------ Recorded information

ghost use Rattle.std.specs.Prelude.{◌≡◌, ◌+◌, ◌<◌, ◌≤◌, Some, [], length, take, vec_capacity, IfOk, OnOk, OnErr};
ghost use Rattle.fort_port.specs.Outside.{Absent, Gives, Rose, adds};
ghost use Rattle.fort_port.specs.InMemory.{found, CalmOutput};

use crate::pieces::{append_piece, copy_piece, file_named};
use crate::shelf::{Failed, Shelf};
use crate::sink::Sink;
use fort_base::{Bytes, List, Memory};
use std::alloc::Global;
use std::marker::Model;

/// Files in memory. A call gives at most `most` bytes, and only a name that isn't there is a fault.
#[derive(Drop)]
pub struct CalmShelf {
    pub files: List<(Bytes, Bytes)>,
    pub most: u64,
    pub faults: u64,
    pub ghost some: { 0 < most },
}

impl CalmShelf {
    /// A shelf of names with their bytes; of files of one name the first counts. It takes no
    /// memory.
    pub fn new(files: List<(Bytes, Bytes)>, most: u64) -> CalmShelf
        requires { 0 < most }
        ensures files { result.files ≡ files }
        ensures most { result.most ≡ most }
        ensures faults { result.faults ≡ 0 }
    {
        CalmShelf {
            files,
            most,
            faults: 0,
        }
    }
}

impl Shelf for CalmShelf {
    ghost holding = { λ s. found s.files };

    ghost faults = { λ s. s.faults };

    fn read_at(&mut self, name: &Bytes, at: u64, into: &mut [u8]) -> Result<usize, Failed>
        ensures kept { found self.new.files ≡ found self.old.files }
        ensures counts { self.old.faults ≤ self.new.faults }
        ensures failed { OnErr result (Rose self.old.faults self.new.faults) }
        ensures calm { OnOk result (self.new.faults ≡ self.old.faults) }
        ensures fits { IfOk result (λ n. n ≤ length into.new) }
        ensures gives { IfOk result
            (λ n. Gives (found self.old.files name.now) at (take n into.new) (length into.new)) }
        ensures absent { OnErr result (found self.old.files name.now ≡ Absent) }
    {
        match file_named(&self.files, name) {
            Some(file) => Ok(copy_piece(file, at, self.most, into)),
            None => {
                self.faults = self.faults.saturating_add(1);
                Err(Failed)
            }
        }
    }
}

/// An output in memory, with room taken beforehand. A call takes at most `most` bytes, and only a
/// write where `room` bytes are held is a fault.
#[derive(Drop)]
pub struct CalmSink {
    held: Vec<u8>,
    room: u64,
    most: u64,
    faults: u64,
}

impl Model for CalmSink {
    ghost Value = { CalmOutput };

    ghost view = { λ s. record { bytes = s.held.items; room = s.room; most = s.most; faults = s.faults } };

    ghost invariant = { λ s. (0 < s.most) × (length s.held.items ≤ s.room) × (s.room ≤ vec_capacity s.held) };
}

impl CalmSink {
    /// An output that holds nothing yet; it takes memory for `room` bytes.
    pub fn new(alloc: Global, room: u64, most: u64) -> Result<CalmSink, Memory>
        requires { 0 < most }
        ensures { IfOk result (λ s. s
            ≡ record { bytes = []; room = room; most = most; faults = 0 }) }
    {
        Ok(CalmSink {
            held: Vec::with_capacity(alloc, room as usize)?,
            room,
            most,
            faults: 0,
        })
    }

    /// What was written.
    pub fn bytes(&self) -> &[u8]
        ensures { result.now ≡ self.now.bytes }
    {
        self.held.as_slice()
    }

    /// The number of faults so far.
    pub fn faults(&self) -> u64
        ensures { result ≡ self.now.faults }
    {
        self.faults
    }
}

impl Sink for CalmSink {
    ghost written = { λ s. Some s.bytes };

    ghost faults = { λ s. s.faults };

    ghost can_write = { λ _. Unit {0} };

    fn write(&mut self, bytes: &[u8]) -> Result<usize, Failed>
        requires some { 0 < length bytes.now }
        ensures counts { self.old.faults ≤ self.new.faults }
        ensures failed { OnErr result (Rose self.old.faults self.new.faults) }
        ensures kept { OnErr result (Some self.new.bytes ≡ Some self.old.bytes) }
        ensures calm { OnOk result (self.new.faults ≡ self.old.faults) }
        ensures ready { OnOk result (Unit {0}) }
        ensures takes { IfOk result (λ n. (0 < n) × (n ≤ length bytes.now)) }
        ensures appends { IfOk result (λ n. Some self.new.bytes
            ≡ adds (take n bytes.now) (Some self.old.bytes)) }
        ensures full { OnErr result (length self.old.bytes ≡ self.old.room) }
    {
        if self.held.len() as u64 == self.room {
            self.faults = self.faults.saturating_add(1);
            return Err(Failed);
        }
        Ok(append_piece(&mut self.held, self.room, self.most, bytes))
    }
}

------------

◆ Work to complete ◆
In this exercise, give every record above again exactly.

◆ Output of the task ◆
ghost use Rattle.std.specs.Prelude.{◌≡◌, ◌+◌, ◌<◌, ◌≤◌, Some, [], length, take, vec_capacity, IfOk, OnOk, OnErr};
ghost use Rattle.fort_port.specs.Outside.{Absent, Gives, Rose, adds};
ghost use Rattle.fort_port.specs.InMemory.{found, CalmOutput};

use crate::pieces::{append_piece, copy_piece, file_named};
use crate::shelf::{Failed, Shelf};
use crate::sink::Sink;
use fort_base::{Bytes, List, Memory};
use std::alloc::Global;
use std::marker::Model;

/// Files in memory. A call gives at most `most` bytes, and only a name that isn't there is a fault.
#[derive(Drop)]
pub struct CalmShelf {
    pub files: List<(Bytes, Bytes)>,
    pub most: u64,
    pub faults: u64,
    pub ghost some: { 0 < most },
}

impl CalmShelf {
    /// A shelf of names with their bytes; of files of one name the first counts. It takes no
    /// memory.
    pub fn new(files: List<(Bytes, Bytes)>, most: u64) -> CalmShelf
        requires { 0 < most }
        ensures files { result.files ≡ files }
        ensures most { result.most ≡ most }
        ensures faults { result.faults ≡ 0 }
    {
        CalmShelf {
            files,
            most,
            faults: 0,
        }
    }
}

impl Shelf for CalmShelf {
    ghost holding = { λ s. found s.files };

    ghost faults = { λ s. s.faults };

    fn read_at(&mut self, name: &Bytes, at: u64, into: &mut [u8]) -> Result<usize, Failed>
        ensures kept { found self.new.files ≡ found self.old.files }
        ensures counts { self.old.faults ≤ self.new.faults }
        ensures failed { OnErr result (Rose self.old.faults self.new.faults) }
        ensures calm { OnOk result (self.new.faults ≡ self.old.faults) }
        ensures fits { IfOk result (λ n. n ≤ length into.new) }
        ensures gives { IfOk result
            (λ n. Gives (found self.old.files name.now) at (take n into.new) (length into.new)) }
        ensures absent { OnErr result (found self.old.files name.now ≡ Absent) }
    {
        match file_named(&self.files, name) {
            Some(file) => Ok(copy_piece(file, at, self.most, into)),
            None => {
                self.faults = self.faults.saturating_add(1);
                Err(Failed)
            }
        }
    }
}

/// An output in memory, with room taken beforehand. A call takes at most `most` bytes, and only a
/// write where `room` bytes are held is a fault.
#[derive(Drop)]
pub struct CalmSink {
    held: Vec<u8>,
    room: u64,
    most: u64,
    faults: u64,
}

impl Model for CalmSink {
    ghost Value = { CalmOutput };

    ghost view = { λ s. record { bytes = s.held.items; room = s.room; most = s.most; faults = s.faults } };

    ghost invariant = { λ s. (0 < s.most) × (length s.held.items ≤ s.room) × (s.room ≤ vec_capacity s.held) };
}

impl CalmSink {
    /// An output that holds nothing yet; it takes memory for `room` bytes.
    pub fn new(alloc: Global, room: u64, most: u64) -> Result<CalmSink, Memory>
        requires { 0 < most }
        ensures { IfOk result (λ s. s
            ≡ record { bytes = []; room = room; most = most; faults = 0 }) }
    {
        Ok(CalmSink {
            held: Vec::with_capacity(alloc, room as usize)?,
            room,
            most,
            faults: 0,
        })
    }

    /// What was written.
    pub fn bytes(&self) -> &[u8]
        ensures { result.now ≡ self.now.bytes }
    {
        self.held.as_slice()
    }

    /// The number of faults so far.
    pub fn faults(&self) -> u64
        ensures { result ≡ self.now.faults }
    {
        self.faults
    }
}

impl Sink for CalmSink {
    ghost written = { λ s. Some s.bytes };

    ghost faults = { λ s. s.faults };

    ghost can_write = { λ _. Unit {0} };

    fn write(&mut self, bytes: &[u8]) -> Result<usize, Failed>
        requires some { 0 < length bytes.now }
        ensures counts { self.old.faults ≤ self.new.faults }
        ensures failed { OnErr result (Rose self.old.faults self.new.faults) }
        ensures kept { OnErr result (Some self.new.bytes ≡ Some self.old.bytes) }
        ensures calm { OnOk result (self.new.faults ≡ self.old.faults) }
        ensures ready { OnOk result (Unit {0}) }
        ensures takes { IfOk result (λ n. (0 < n) × (n ≤ length bytes.now)) }
        ensures appends { IfOk result (λ n. Some self.new.bytes
            ≡ adds (take n bytes.now) (Some self.old.bytes)) }
        ensures full { OnErr result (length self.old.bytes ≡ self.old.room) }
    {
        if self.held.len() as u64 == self.room {
            self.faults = self.faults.saturating_add(1);
            return Err(Failed);
        }
        Ok(append_piece(&mut self.held, self.room, self.most, bytes))
    }
}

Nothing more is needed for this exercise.